Figure 4. Anti-ASC^PYD immunotherapy reduces peripheral amyloid load.

(A) Scheme of anti-ASC immunotherapy. Total n = 15 experimental AA⁺ Pycard^+/+ (wt) animals (n = 5 per treatment group). (B) Anti-ASC antibody single-injection pharmacokinetics. N = 3 per treatment group, technical duplicates; mean ± SEM. (C) Western blot of SAA in spleen homogenate of Pycard^+/+ AA⁺ mice treated with anti-ASC or isotype antibody, or untreated. Absence of amyloidosis induction as control (AA⁻). Actin and spleen homogenate from a C57BL/6 wt mouse served as negative control. Scatterplots show data from three mice/group and two independently performed immunoblots resulting in 6 samples and data points (technical duplicates; mean ± SEM, Kruskal–Wallis test, P value: 0.005). (D) HE-stained spleen sections of Pycard^+/+ AA⁺ mice. Arrows: amyloid. Asterisks: white pulp. (E) Spleen sectiond stained with ASC antibodies (brown). (F) Quantification of ASC-positive areas in spleen sections. Two fields of view, each representing a different section for each mouse (3 mice/group) were quantified. Scatterplots: mean ± SEM. Statistics: Kruskal–Wallis test, P value: 0.007. (G) Spleen sections stained with LCP. (H) Integrated density expressed as arbitrary units/µm² in LCP-stained spleen sections. Each dot represents a quantified field of view. Three field of views for each animal were analyzed (nine fields of view from three mice per group). Scatterplots: mean ± SEM; Kruskal–Wallis test, P value: 0.0001. **P ≤ 0.01, ****P ≤ 0.0001. Source data are available online for this figure.
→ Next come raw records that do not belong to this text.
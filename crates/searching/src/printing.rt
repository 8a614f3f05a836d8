//! How texts are printed.

ghost use Rattle.std.specs.Prelude.{◌≡◌, ◌++◌, IfOk, string_bytes};
ghost use Rattle.searching.specs.Printing.{
  is_hidden as hidden_test,
  shown as shown_of,
  shown_character as character_of,
};

use std::alloc::{AllocError, Global};

/// The text as it is printed: each control character, and each that turns the direction of a text, is a space.
pub fn shown(alloc: Global, text: &str) -> Result<String, AllocError>
    ensures { IfOk result (λ s. string_bytes s ≡ shown_of text.now) }
{
    text.chars().map(|c| shown_character(c)).collect(alloc)
}

/// The character as it is printed.
pub fn shown_character(c: char) -> char
    ensures { result ≡ character_of c }
{
    if is_hidden(c) { ' ' } else { c }
}

/// A control character, or one that turns the direction of a text (The Unicode Standard, sections 23.1 and 23.2).
#[tactic(auto, unfolding(crate::specs::Printing::is_hidden))]
fn is_hidden(c: char) -> bool
    ensures { result ≡ hidden_test c }
{
    c < '\u{20}'
        || ('\u{7F}' <= c && c < '\u{A0}')
        || ('\u{202A}' <= c && c <= '\u{202E}')
        || ('\u{2066}' <= c && c <= '\u{2069}')
}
Figure 5. Population-wide interrogation of autoantibodies against ASC in a large unselected hospital cohort advocates stringent immune tolerance against ASC.
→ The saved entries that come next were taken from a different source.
//! Which records are wanted.

ghost use Rattle.std.specs.Prelude.{◌≡◌, ◌∷◌, [], IfOk, Some, map, chars};
ghost use Rattle.std.specs.List.{list_any};
ghost use Rattle.record_kinds.specs.Model as model;
ghost use Rattle.searching.specs.Folding.{folded_name, folded_text};
ghost use Rattle.searching.specs.Words.{all_occur};
ghost use Rattle.searching.specs.Wanted as wants;

use crate::search::{SearchText, SearchWords};
use record_kinds::{Mention, Name, Record};
use record_text::Text;
use std::alloc::{AllocError, Global};

/// A kind of records.
#[derive(Clone, Copy, Debug, PartialEq, Eq)]
pub enum Kind {
    Persons,
    Families,
    Events,
    Places,
    Repositories,
    Sources,
    Citations,
    Entries,
    Others,
}

/// Which records are wanted.
#[derive(Debug, Drop)]
pub struct Wanted {
    /// Those of a kind. `None`: of each.
    pub kind: Option<Kind>,
    /// The register entries of a source. `None`: also others.
    pub source: Option<u32>,
    /// Those in one of whose names all these words occur. Without words: each.
    pub words: SearchWords,
}

/// What is listed.
#[derive(Debug, Drop)]
pub struct Listing {
    pub wanted: Wanted,
    /// Only records with a greater number than this.
    pub after: u32,
    /// So many at most.
    pub limit: usize,
    /// Whether a last line says how many more there are.
    pub counts_others: bool,
}

/// Whether the record is wanted. Refused only if out of memory.
pub(crate) fn is_wanted(alloc: Global, wanted: &Wanted, record: &Record) -> Result<bool, AllocError>
    ensures { IfOk result (λ b. b ≡ wants.is_wanted «wanted».now «record».now) }
{
    if !is_of(wanted.kind, record) || !is_from(wanted.source, record) {
        return Ok(false);
    }
    is_meant(alloc, &wanted.words, record)
}

fn is_of(kind: Option<Kind>, record: &Record) -> bool
    ensures { result ≡ wants.is_of kind «record».now }
{
    match kind {
        None => true,
        Some(kind) => is_kind(kind, record),
    }
}

fn is_kind(kind: Kind, record: &Record) -> bool
    ensures { result ≡ wants.is_kind kind «record».now }
{
    match kind {
        Kind::Persons => matches!(record, Record::Person(_)),
        Kind::Families => matches!(record, Record::Family(_)),
        Kind::Events => matches!(record, Record::Event(_)),
        Kind::Places => matches!(record, Record::Place(_)),
        Kind::Repositories => matches!(record, Record::Repo(_)),
        Kind::Sources => matches!(record, Record::Source(_)),
        Kind::Citations => matches!(record, Record::Citation(_)),
        Kind::Entries => matches!(record, Record::Entry(_)),
        Kind::Others => matches!(record, Record::Other(_)),
    }
}

fn is_from(source: Option<u32>, record: &Record) -> bool
    ensures { result ≡ wants.is_from source «record».now }
{
    match source {
        None => true,
        Some(source) => is_from_source(source, record),
    }
}

fn is_from_source(source: u32, record: &Record) -> bool
    ensures { result ≡ wants.is_from (Some source) «record».now }
{
    match record {
        Record::Entry(entry) => entry.source == source,
        _ => false,
    }
}

fn is_meant(alloc: Global, words: &SearchWords, record: &Record) -> Result<bool, AllocError>
    ensures { IfOk result (λ b. b ≡ wants.is_meant words.now «record».now) }
{
    if words.is_empty() {
        return Ok(true);
    }
    is_named(alloc, words, record)
}

fn is_named(alloc: Global, words: &SearchWords, record: &Record) -> Result<bool, AllocError>
    ensures { IfOk result (λ b. b ≡ wants.is_named words.now «record».now) }
{
    match record {
        Record::Person(person) => is_in_names(alloc, words, &person.names),
        Record::Entry(entry) => is_in_mentions(alloc, words, &entry.mentions),
        Record::Place(place) => is_in_text(alloc, words, place.name.as_str()),
        Record::Repo(repo) => is_in_option(alloc, words, &repo.name),
        Record::Source(source) => is_in_option(alloc, words, &source.title),
        _ => Ok(false),
    }
}

fn is_in_names(alloc: Global, words: &SearchWords, names: &[Name]) -> Result<bool, AllocError>
    ensures { IfOk result (λ b. b ≡ list_any (all_occur words.now)
        (map (λ (x : model.Name). folded_name (chars x.text)) names.now)) }
{
    'each: for name in names {
        if is_in_name(alloc, words, name.text.as_str())? {
            return Ok(true);
        }
    }
    Ok(false)
}

fn is_in_mentions(
    alloc: Global,
    words: &SearchWords,
    mentions: &[Mention],
) -> Result<bool, AllocError>
    ensures { IfOk result (λ b. b ≡ list_any (all_occur words.now)
        (map (λ (x : model.Mention). folded_name (chars x.name)) mentions.now)) }
{
    'each: for mention in mentions {
        if is_in_name(alloc, words, mention.name.as_str())? {
            return Ok(true);
        }
    }
    Ok(false)
}

fn is_in_name(alloc: Global, words: &SearchWords, name: &str) -> Result<bool, AllocError>
    ensures { IfOk result (λ b. b ≡ all_occur words.now (folded_name (chars name.now))) }
{
    let text = SearchText::of_name(alloc, name)?;
    Ok(words.occur_in(&text))
}

fn is_in_text(alloc: Global, words: &SearchWords, text: &str) -> Result<bool, AllocError>
    ensures { IfOk result (λ b. b ≡ list_any (all_occur words.now) (folded_text (chars text.now) ∷ [])) }
{
    let text = SearchText::of_text(alloc, text)?;
    Ok(words.occur_in(&text))
}

fn is_in_option(alloc: Global, words: &SearchWords, text: &Option<Text>) -> Result<bool, AllocError>
    ensures { IfOk result (λ b. b ≡ list_any (all_occur words.now) (wants.folded_option text.now)) }
{
    match text {
        None => Ok(false),
        Some(text) => is_in_text(alloc, words, text.as_str()),
    }
}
(A) Sample provenance by various hospital units. The contributions are depicted as percentage. (B) Age distribution of subjects. (C) Raincloud plots which includes standard boxplots (median and quartiles) displaying jittered p(EC₅₀) values for all patients screened (All), for the fraction of patients characterized by ICD-10 code E85 (Amyloidosis), AA amyloidosis, or Alzheimer’s disease. The dashed red line at p(EC₅₀) = 2: reactivity cutoff. Blue dots represent the hits, characterized by p(EC₅₀) ≥ 2 and a mean squared residual error < 20% of the actual p(EC₅₀). None of the groups were significantly different (Kruskal–Wallis test, P value = 0.079, α = 0.01; Wilcoxon rank-sum test P value after Holm correction for multiple comparisons: 0.43 (All vs. Amyloidosis), 0.47 (All vs. AA Amyloidosis), 0.47 (Amyloidosis vs. AA Amyloidosis), 0.47 (All vs. Alzheimer), 0.28 (Amyloidosis vs. Alzheimer), 0.43 (AA Amyloidosis vs. Alzheimer), α = 0.01. (D) Heatmap showing p(EC₅₀) values of seropositive samples from screen and controls assayed against an array of antigens. Only the plasma of patient #5 exceeded the cutoff value and was a confirmed binder of human ASC. All samples and controls were assayed as duplicates. (E) Patient #5 (purple), along with multiple control antibodies, was assayed against the full-length ASC protein (ASC), the PYD of ASC, the CARD of ASC, and against LAG3 and TIM3. All proteins used contained a his-tag. All samples and controls were assayed as duplicates. (D, E) Two scales are given: (1) for plasma samples, the p(EC₅₀) of the respective plasma dilution is used. (2) For monoclonal antibodies of known concentration, the p(EC₅₀) of the concentrations (in µg/ml) are shown. Anti-ASC, Anti-PrP, and anti-Tau441-positive control (PC) as well as CARD-ab, PYD-ab, and His-ab are monoclonal antibodies. Source data are available online for this figure.